What the task asks -
The response must contain every record, repeated exactly.

Records -
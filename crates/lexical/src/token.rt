// A part of a line, borrowed from the text, with the column of its first byte.
ghost use Rattle.std.specs.Prelude.{◌≡◌};
ghost use Rattle.lexical.specs.Tokens.{IsToken, token_bytes, token_column};

#[derive(Clone, Copy)]
pub enum Token<'a> {
    // what stands before the first `=`
    Key(&'a [u8], usize),
    // a field that begins with a digit, or with a minus sign and more
    Number(&'a [u8], usize),
    // any other field
    Word(&'a [u8], usize),
    // the field `-`
    Dash(usize),
}

// The token of a field, by its first byte.
pub fn token_of<'a>(field: &'a [u8], column: usize) -> Token<'a>
    ensures { IsToken field.now column result }
{
    if field == b"-".as_slice() {
        return Token::Dash(column);
    }
    match field {
        [b'0'..=b'9' | b'-', ..] => Token::Number(field, column),
        _ => Token::Word(field, column),
    }
}

impl<'a> Token<'a> {
    // Its bytes.
    pub fn bytes(self) -> &'a [u8]
        ensures { result.now ≡ token_bytes self.entry }
    {
        match self {
            Token::Key(bytes, _) | Token::Number(bytes, _) | Token::Word(bytes, _) => bytes,
            Token::Dash(_) => b"-",
        }
    }

    // The column of its first byte.
    pub fn column(self) -> usize
        ensures { result ≡ token_column self.entry }
    {
        match self {
            Token::Key(_, column)
            | Token::Number(_, column)
            | Token::Word(_, column)
            | Token::Dash(column) => column,
        }
    }
}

Answer area -
filename crates/lexical/src/token.rt
// A part of a line, borrowed from the text, with the column of its first byte.
ghost use Rattle.std.specs.Prelude.{◌≡◌};
ghost use Rattle.lexical.specs.Tokens.{IsToken, token_bytes, token_column};

#[derive(Clone, Copy)]
pub enum Token<'a> {
    // what stands before the first `=`
    Key(&'a [u8], usize),
    // a field that begins with a digit, or with a minus sign and more
    Number(&'a [u8], usize),
    // any other field
    Word(&'a [u8], usize),
    // the field `-`
    Dash(usize),
}

// The token of a field, by its first byte.
pub fn token_of<'a>(field: &'a [u8], column: usize) -> Token<'a>
    ensures { IsToken field.now column result }
{
    if field == b"-".as_slice() {
        return Token::Dash(column);
    }
    match field {
        [b'0'..=b'9' | b'-', ..] => Token::Number(field, column),
        _ => Token::Word(field, column),
    }
}

impl<'a> Token<'a> {
    // Its bytes.
    pub fn bytes(self) -> &'a [u8]
        ensures { result.now ≡ token_bytes self.entry }
    {
        match self {
            Token::Key(bytes, _) | Token::Number(bytes, _) | Token::Word(bytes, _) => bytes,
            Token::Dash(_) => b"-",
        }
    }

    // The column of its first byte.
    pub fn column(self) -> usize
        ensures { result ≡ token_column self.entry }
    {
        match self {
            Token::Key(_, column)
            | Token::Number(_, column)
            | Token::Word(_, column)
            | Token::Dash(column) => column,
        }
    }
}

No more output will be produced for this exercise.